Optimization Flags for non-Intel CPUs

apredeus · ‎04-22-2011

Hello all,

I've found myself in a situation when I have to use Intel/11.1 compilers to build our (mostly) Fortran90/95 simulation package, while using it on AMD-based cluster.

Now, when we use Intel CPUs, compiler flags for ifort are

-132 -w95 -cm -align all -heap-arrays 256 -c -O3 -mp1 -axOW -free

from what I understand, both -mp1 and -axOW flags are chip-specific.

What can I use on Opteron? From what I understand -mp1 is designated to not allow precision loss at -O3 while axOW generate chip-specific optimizations (correct me if I'm wrong!). I do care more about the first then the second one, but having a faster executable is also nice.

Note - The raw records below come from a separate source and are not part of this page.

// The kinds of step on the words, each with what it tells.

ghost use Rattle.shm_words.specs.Views.{stores_data, stores_mark, loads_finish, loads_token, loads_mark, fetches, stores_finish, stores_token, client_part, service_part, note_part, note_met};
ghost use Rattle.shm_words.specs.declared.view.View.TheVariants.{Note, Spent};

use crate::view::View;
use atomic_table::{Join, Play, Split};

// The client stores the value of a put.
pub(crate) struct StoresData;

impl Play<(), View> for StoresData {
    ghost then = { stores_data };
}

// The client stores the mark of a flush.
pub(crate) struct StoresMark;

impl Play<(), View> for StoresMark {
    ghost then = { stores_mark };
}

// The client loads the finish word.
pub(crate) struct LoadsFinish;

impl Play<(), View> for LoadsFinish {
    ghost then = { loads_finish };
}

// The client loads the token word.
pub(crate) struct LoadsToken;

impl Play<(), View> for LoadsToken {
    ghost then = { loads_token };
}

// The service loads the flush mark.
pub(crate) struct LoadsMark;

impl Play<(), View> for LoadsMark {
    ghost then = { loads_mark };
}

// The service loads the word of a place.
pub(crate) struct Fetches;

impl Play<(), View> for Fetches {
    ghost then = { fetches };
}

// The service stores the finish word.
pub(crate) struct StoresFinish;

impl Play<(), View> for StoresFinish {
    ghost then = { stores_finish };
}

// The service stores the token word.
pub(crate) struct StoresToken;

impl Play<(), View> for StoresToken {
    ghost then = { stores_token };
}

// The first seat is cut into the client's and the service's.
pub(crate) struct Parts;

impl Split<View> for Parts {
    ghost left = { client_part };

    ghost right = { service_part };
}

// A note of the latest flush leaves the client, and the service meets it.
pub(crate) struct Notes;

impl Split<View> for Notes {
    ghost left = { λ v. v };

    ghost right = { note_part };
}

impl Join<View> for Notes {
    ghost both = { note_met };

    ghost spent = { Spent };
}

// A note of no flush leaves the client.
pub(crate) struct Blanks;

impl Split<View> for Blanks {
    ghost left = { λ v. v };

    ghost right = { λ _. Note 0 };
}
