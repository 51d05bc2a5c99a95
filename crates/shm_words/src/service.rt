ghost use Rattle.std.specs.Prelude.{◌≡◌, ◌+◌, ◌<◌, ◌≤◌, ◌^◌, max, [], ◌∷◌, ◌++◌};
ghost use Rattle.gpu_cmd.specs.Lawful.{places_of};
ghost use Rattle.gpu_plan.specs.MayHold.{MayHold};
ghost use Rattle.shm_words.specs.Seen.{ServiceKeeps, service_reach, service_at};
ghost use Rattle.shm_words.specs.Views.{service_of, fresh_service};

use crate::note::Note;
use crate::plays::{Fetches, LoadsMark, Notes, StoresFinish, StoresToken};
use crate::view::View;
use crate::words::SharedWords;
use atomic_table::Seat;
use std::marker::Model;

/// What the service does with the words of one stream. No call of it waits or takes memory.
///
/// Seen as the words that it belongs to, the plan, the list of places fetched with their values, the flushes published as
/// finished, the greatest token published, and the mark of the latest flush met.
#[derive(Drop)]
pub struct ServicePass {
    finished: u64,
    greatest: u32,
    seat: Seat<(), View>,
}

impl Model for ServicePass {
    ghost use Rattle.shm_words.specs.Seen.{ServiceData, ServiceKeeps};
    ghost use Rattle.shm_words.specs.Views.{service_of};

    ghost Value = { ServiceData };

    ghost view = { λ p. record {
      table = p.seat.table_id;
      plan = (service_of p.seat.me.0).plan;
      fetched = (service_of p.seat.me.0).fetched;
      finished = p.finished;
      greatest = p.greatest;
      met = (service_of p.seat.me.0).met;
    } };

    ghost invariant = { λ p. ServiceKeeps p.finished p.greatest p.seat.table_id p.seat.me };
}

impl ServicePass {
    // A pass that has done nothing.
    pub(crate) fn of(seat: Seat<(), View>) -> ServicePass
        requires keeps { ServiceKeeps 0 0 seat.table_id seat.me }
        requires fresh { service_of seat.me.0 ≡ fresh_service (service_of seat.me.0).plan }
        ensures { result ≡ service_at seat.table_id (service_of seat.me.0).plan }
    {
        ServicePass {
            finished: 0,
            greatest: 0,
            seat,
        }
    }

    /// Meets the flush of a note. The flush, as each one met before, lies within the client's reach.
    pub fn meet(&mut self, words: &SharedWords, note: Note)
        requires table { words.now ≡ self.old.table }
        requires note { note.table ≡ self.old.table }

        ensures met { self.new ≡ record self.old { met = max self.old.met note.mark } }
        ensures bounded { self.new.met ≤ service_reach self.new }
    {
        let shared = &words.table.shared;
        let Note { seat } = note;
        shared.join_seat::<Notes>(&mut self.seat, seat);
        shared.load::<LoadsMark>(&mut self.seat, 0);
    }

    /// Fetches the word of a place, by one load. The client may have put it since the latest flush met, and within its
    /// reach.
    pub fn fetch(&mut self, words: &SharedWords, place: u32) -> u32
        requires table { words.now ≡ self.old.table }
        requires place { place < places_of self.old.plan.areas }

        ensures grows { self.new
            ≡ record self.old { fetched = self.old.fetched ++ (place, result) ∷ [] } }
        ensures may { MayHold self.old.plan.actions self.old.met
            (service_reach self.old) place result }
    {
        let shared = &words.table.shared;
        let found = shared.load::<Fetches>(&mut self.seat, 3 + place as usize);
        found as u32
    }

    /// Stores the greater of a token and the greatest published before.
    pub fn publish_token(&mut self, words: &SharedWords, token: u32)
        requires table { words.now ≡ self.old.table }
        ensures told { self.new ≡ record self.old { greatest = max self.old.greatest token } }
    {
        let shared = &words.table.shared;
        let greatest = self.greatest.max(token);
        shared.store::<StoresToken>(&mut self.seat, 2, u64::from(greatest));
        self.greatest = greatest;
    }

    /// Stores that one more flush is finished.
    pub fn publish_finish(&mut self, words: &SharedWords)
        requires table { words.now ≡ self.old.table }
        requires room { self.old.finished + 1 < 2 ^ 64 }
        ensures finished { self.new ≡ record self.old { finished = self.old.finished + 1 } }
    {
        let shared = &words.table.shared;
        let next = self.finished + 1;
        shared.store::<StoresFinish>(&mut self.seat, 1, next);
        self.finished = next;
    }
}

Any input would be appreciated.

TimP · ‎04-22-2011

-mp1 has been obsolete since ifort 10.1, but it wasn't "chip-specific" (if I understand your meaning), beyond the extent to which its effect differed between x87 and SSE code. A better option would be -assume protect_parens. An option which lumps together all correctness options would be -fp-model source.
I would use -assume protect_parens -prec-div -prec-sqrt, all of which are included in -fp-model source. Depending on your application, you may or may not see any difference between those choices.
The -axOW combination doesn't make sense, besides being obsolete. According to my understanding, it requests AMD-compatible SSE3 when running on an Intel SSE3 CPU; otherwise, use SSE2. If you will always run on SSE3 compatible CPUs , you may want -msse3; if you want to support CPUs without SSE3 (including early Opteron), you would set the default (-msse2).
To choose SSE3 at run time for Intel SSE3 CPUs, while running SSE2 on Opteron (close to the effect of what you quote), you would set -axSSE3. If the compiler doesn't see a gain for SSE3 in a given subroutine, it should generate the same code as -msse2.

apredeus · ‎04-22-2011

Super helpful, thanks a lot!

apredeus · ‎04-22-2011

One more question

does it make sense to use the correctness options and -msse3 in the subroutines that aren't as agressively optimized? Some subroutines are compiled with -o0 and -o1.

TimP · ‎04-22-2011

There's no problem in setting correctness options along with lower optimization levels, even though they don't make as much difference (probably none at -O0).
Likewise, I wouldn't expect sse3 to come out significantly different from sse2 at -O0 or -O1, but it's no problem if you specify it. When I set -O1 in order to limit code size and compilation time, I would avoid a dual path option such as -axSSE3, but the current compilers may be good enough that it's not a problem.
The -noftz implied by -fp-model source has effect only in the main program, so you may want to use (or not) that same option everywhere.